Economic contribution of the US gambling industry
The gambling industry in the United States is not only gaming halls, but also a huge chain of employment, taxes, construction and tourism. According to the results of recent reporting cycles, the industry demonstrates historical highs in revenue of commercial operators and steady growth in the breeding segment. Below are current benchmarks and how they are "assembled."
1) Key scales: economy, taxes, employment
The integrated contribution of the gambling industry to the US economy is estimated at ≈$329 billion cumulative economic effect, 1.8 million jobs and ≈$52,7 billion taxes of all levels (according to the AGA study, base year - 2022; this is the last full macro slice). In addition, the industry provides ≈$104 billion payroll.
These figures are complemented by monthly/quarterly revenue statistics, where in 2024 commercial operators showed a record $71.92 billion gaming revenue - the fourth year in a row with a maximum.
The tribal sector (indigenous casinos; NIGC reporting for fiscal years) in FY2024 also updated its all-time high - $43.9 billion GGR (+ 4.6% to FY2023).
2) Where records come from: commercial vs tribal
Commercial casinos and bets: 2024 drivers are stable offline (slots/board games) and growing verticals - sports betting and iGaming in the permitted states. The total result is $71.92 billion (+ 7.5% by 2023).
Tribal model: sustainable expansion of resorts and renewal of compact with states supported $43.9 billion GGR in FY2024 (historical maximum).
3) Regional "anchors": Nevada and Las Vegas
In 2024, Nevada gave $15.6 billion gaming win (fourth consecutive state record); Las Vegas Strip contributed about $8.8 billion, while inside the year there were both mild months and bursts against the background of baccarat and large events.
This revenue is fueled by tourism and congress activity (MICE), which strengthens the "multiplier" for hotels, restaurants, shows and retail.
4) Taxes: who gets how much
According to AGA, the industry generates ≈$52,7 billion annual taxes (federal/state/local levels) for the base macro section. These are direct gambling taxes, fees and taxation of salaries/suppliers.
Separately, the contribution of sports betting is growing: an example is New York, where a high tax on online betting provided about $2 billion in tax revenues in 2023. (The 51% rate effect for the operator is indicative.)
5) Employment and salaries
The industry supports ≈1,8 million jobs nationwide and ≈$104 billion payroll (direct jobs in casinos/online + suppliers/related services). This is a strong base for regions where casinos are "anchor" employers.
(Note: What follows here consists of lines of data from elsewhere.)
//! The emptiness run.

ghost use Rattle.std.specs.Prelude.{ℕ, ◌≡◌, ◌<◌, ◌≤◌, ◌↔◌, List, [], ◌∷◌, replicate, IsTrue, IfOk, OnOk, IsErrOf};
ghost use Rattle.std.specs.List.{AllByRecursion};
ghost use Rattle.cgs_poly.specs.Polynomial.{one, Term, IsRing, IsPoly, HasLowDegrees, term, places, ArePolys};
ghost use Rattle.cgs_poly.specs.Product.{multiple};
ghost use Rattle.cgs_poly.specs.Parameters.{IsCondition};
ghost use Rattle.cgs_point.specs.Points.{IsPoint};
ghost use Rattle.cgs_entry.specs.Conditions.{IsInRegion};
ghost use Rattle.cgs_algebra.specs.Groebner.{AreMonic};
ghost use Rattle.cgs_divide.specs.Ending.{ended, EndsAs};
ghost use Rattle.cgs_basis.specs.BasisRun.{basis_run};
ghost use Rattle.cgs_radical.specs.EmptinessRun.{with_y, y_ring, y_times_less_one, contradiction_run, vanishing_run, emptiness_run};
ghost use Rattle.cgs_radical.specs.Laws.{Contradict};

use crate::product::products_remainder;
use cgs_basis::reduced_basis;
use cgs_divide::Stop;
use cgs_entry::Conditions;
use cgs_exps::MAX_PLACES;
use cgs_field::Elem;
use cgs_list::Duplicate;
use cgs_poly::{Poly, PolyFault, PolyList, Ring, are_same};
use std::alloc::{AllocError, Global};

/// Whether the conditions contradict each other: 1 is in the ideal of those that have to vanish and of y times the product of the others
/// less 1. No point meets them then. Units and errors are as for `divide`.
pub fn test_empty(
    alloc: Global,
    ring: &Ring,
    conditions: &Conditions,
    fuel: &mut u64,
) -> Result<bool, Stop>
    requires ring { IsRing ring.now }
    requires zero { AllByRecursion (IsCondition ring.now) conditions.now.zero }
    requires nonzero { AllByRecursion (IsCondition ring.now) conditions.now.nonzero }
    ensures ends { EndsAs (emptiness_run ring.now conditions.now.zero conditions.now.nonzero fuel.old) fuel.new result }
    ensures exact { IfOk result (λ empty. IsTrue empty ↔ Contradict ring.now conditions.now.zero conditions.now.nonzero) }
    ensures no_point { IfOk result (λ empty. IsTrue empty → (a : List ℕ) → IsPoint ring.now a → ¬ (IsInRegion ring.now conditions.now.zero conditions.now.nonzero a)) }
    ensures units { fuel.new ≤ fuel.old }
{
    let basis = vanishing_basis(alloc, ring, &conditions.zero, fuel)?;
    let empty = test_empty_by(alloc, ring, &basis, &conditions.nonzero, fuel)?;
    Ok(empty)
}

/// The first part of `test_empty`: the reduced basis of the conditions that have to vanish, with one variable above the parameters. It can
/// be kept, with the units that it leaves, for all regions with these conditions and units.
pub fn vanishing_basis(
    alloc: Global,
    ring: &Ring,
    zero: &PolyList,
    fuel: &mut u64,
) -> Result<PolyList, Stop>
    requires ring { IsRing ring.now }
    requires zero { AllByRecursion (IsCondition ring.now) zero.now }
    ensures ends { EndsAs (vanishing_run ring.now zero.now fuel.old) fuel.new result }
    ensures monic { IfOk result (λ B. AreMonic (y_ring ring.now) B) }
    ensures polys { IfOk result (λ B. ArePolys (y_ring ring.now) B) }
    ensures units { fuel.new ≤ fuel.old }
{
    let above = with_y(ring);
    let generators = lifted(alloc, ring, &above, zero)?;
    let basis = reduced_basis(alloc, &above, &generators, fuel)?;
    Ok(basis)
}

/// The rest of `test_empty`, by the basis of the conditions that have to vanish and in the units that it leaves.
pub fn test_empty_by(
    alloc: Global,
    ring: &Ring,
    basis: &PolyList,
    nonzero: &PolyList,
    fuel: &mut u64,
) -> Result<bool, Stop>
    requires ring { IsRing ring.now }
    requires monic { AreMonic (y_ring ring.now) basis.now }
    requires basis { ArePolys (y_ring ring.now) basis.now }
    requires nonzero { AllByRecursion (IsCondition ring.now) nonzero.now }
    ensures ends { (E : List (List Term)) (units : ℕ) → vanishing_run ring.now E units ≡ ended basis.now fuel.old → EndsAs (emptiness_run ring.now E nonzero.now units) fuel.new result }
    ensures units { fuel.new ≤ fuel.old }
{
    let above = with_y(ring);
    let factors = lifted(alloc, ring, &above, nonzero)?;
    let start = Poly::one(alloc, &above)?;
    let q = products_remainder(alloc, &above, basis, &factors, start, fuel)?;
    let empty = contradicts(alloc, &above, basis, &q, fuel)?;
    Ok(empty)
}

// The ring with one variable above the parameters.
fn with_y(ring: &Ring) -> Ring
    requires ring { IsRing ring.now }
    ensures ring { result ≡ y_ring ring.now }
    ensures valid { IsRing result }
{
    Ring {
        modulus: ring.modulus,
        variables: 1,
        parameters: ring.parameters,
        kind: ring.kind,
    }
}

// Polynomials in the parameters, in the ring with one variable above them.
fn lifted(alloc: Global, ring: &Ring, above: &Ring, list: &PolyList) -> Result<PolyList, AllocError>
    requires ring { IsRing ring.now }
    requires valid { IsRing above.now }
    requires above { above.now ≡ y_ring ring.now }
    requires conditions { AllByRecursion (IsCondition ring.now) list.now }
    ensures ok { IfOk result (λ polys. polys ≡ with_y ring.now list.now) }
    ensures polys { IfOk result (λ polys. ArePolys above.now polys) }
{
    let mut polys = PolyList::new(alloc);
    for i in 0..list.len() {
        let poly = Poly::recast(alloc, ring, above, list.get(i))?;
        polys.push(poly)?;
    }
    Ok(polys)
}

// A number that is not 0 as a polynomial.
fn constant(alloc: Global, ring: &Ring, c: Elem) -> Result<Poly, PolyFault>
    requires ring { IsRing ring.now }
    requires some { 0 < c }
    requires below { c < ring.now.modulus }
    ensures ok { IfOk result (λ f. f ≡ term c (replicate (places ring.now) 0) ∷ []) }
    ensures poly { IfOk result (λ f. IsPoly ring.now f) }
    ensures low { ¬ (IsErrOf result PolyFault.Degree) }
{
    let zeros = [0; MAX_PLACES];
    Poly::of_term(alloc, ring, c, &zeros[..ring.places()])
}

// Whether the ideal of a basis and of y*q - 1 has 1, by its basis.
fn contradicts(
    alloc: Global,
    ring: &Ring,
    basis: &PolyList,
    q: &Poly,
    fuel: &mut u64,
) -> Result<bool, Stop>
    requires ring { IsRing ring.now }
    requires one_variable { ring.now.variables ≡ 1 }
    requires basis { ArePolys ring.now basis.now }
    requires poly { IsPoly ring.now q.now }
    ensures ends { EndsAs (contradiction_run basis_run ring.now basis.now q.now fuel.old) fuel.new result }
    ensures units { fuel.new ≤ fuel.old }
{
    if q.len() == 0 {
        return Ok(true);
    }
    let last = times_y_less_one(alloc, ring, q)?;
    let mut generators = basis.copy()?;
    generators.push(last)?;
    let found = reduced_basis(alloc, ring, &generators, fuel)?;
    let whole = one_alone(alloc, ring)?;
    Ok(are_same(&found, &whole))
}

/// The list of 1 alone.
pub fn one_alone(alloc: Global, ring: &Ring) -> Result<PolyList, AllocError>
    requires { IsRing ring.now }
    ensures ok { IfOk result (λ list. list ≡ one ring.now ∷ []) }
    ensures polys { IfOk result (λ list. ArePolys ring.now list) }
{
    let mut list = PolyList::new(alloc);
    list.push(Poly::one(alloc, ring)?)?;
    Ok(list)
}

// y*q - 1.
fn times_y_less_one(alloc: Global, ring: &Ring, q: &Poly) -> Result<Poly, PolyFault>
    requires ring { IsRing ring.now }
    requires one_variable { ring.now.variables ≡ 1 }
    requires poly { IsPoly ring.now q.now }
    ensures ok { IfOk result (λ f. f ≡ y_times_less_one ring.now q.now) }
    ensures poly { IfOk result (λ f. IsPoly ring.now f) }
    ensures low { OnOk result (HasLowDegrees (multiple 1 (1 ∷ replicate ring.now.parameters 0) q.now)) }
    ensures degree { IsErrOf result PolyFault.Degree → ¬ (HasLowDegrees (multiple 1 (1 ∷ replicate ring.now.parameters 0) q.now)) }
{
    let minus_one = ring.modulus.neg(ring.modulus.of_u64(1));
    let last = constant(alloc, ring, minus_one)?;
    let mut y = [0; MAX_PLACES];
    y[0] = 1;
    Poly::sub_multiple(alloc, ring, &last, minus_one, &y[..ring.places()], q)
}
6) What's inside the revenue "pie"
Slots give a stable gaming win "base";- Board games provide a volatile upside (especially baccarat in premium markets - Vegas Strip);
Sports betting and iGaming are a growing, but so far smaller layer, highly dependent on the state legalization card.
7) Methodology: Why the numbers are "different"
GGR/gaming win/revenue - "casino win" from games (to operating expenses); this is not the same as the resort's total revenue.
Cumulative economic effect - includes direct spending by guests/companies, supply chains and induced demand (salaries → consumption). Therefore, the macro-estimate of AGA (≈$329 billion) is significantly higher than the amount of annual GGR.
8) Trends 2024-2025 and what to expect next
1. Offline stability + online growth. The commercial sector is updating records, the tribal sector is at an all-time high.
2. Role of events and MICE. Congresses/sporting events support downloading and a "non-gaming" check that correlates with gambling revenue.
3. States tax policy. High bets on sports can give an "indirect" budget effect (example NY), but affect the unit economy of operators - the balance is sought individually.
9) Practical conclusions for stakeholders
States/cities: casino resorts and regulated online verticals are a sustainable source of taxes and employment with strict compliance.
Operators: mix slots + board games + MICE + show gives the best "anticyclicity"; online - bet on RG, payments and cybersecurity.
Communities: in addition to taxes, responsible play programs, training, transport and safety of tourist clusters are significant.
The US gambling industry is a systemic economic sector: hundreds of billions in cumulative effect, millions of jobs and tens of billions in taxes. At the tactical level, commercial GGR records ($71.9 billion in 2024) are combined with a historic tribal GGR high ($43.9 billion, FY2024); strategically, the industry is increasingly integrating with tourism, MICE and digital channels. For the economy, this means a stable source of income, and for the states - space for responsible, but pro-market policies.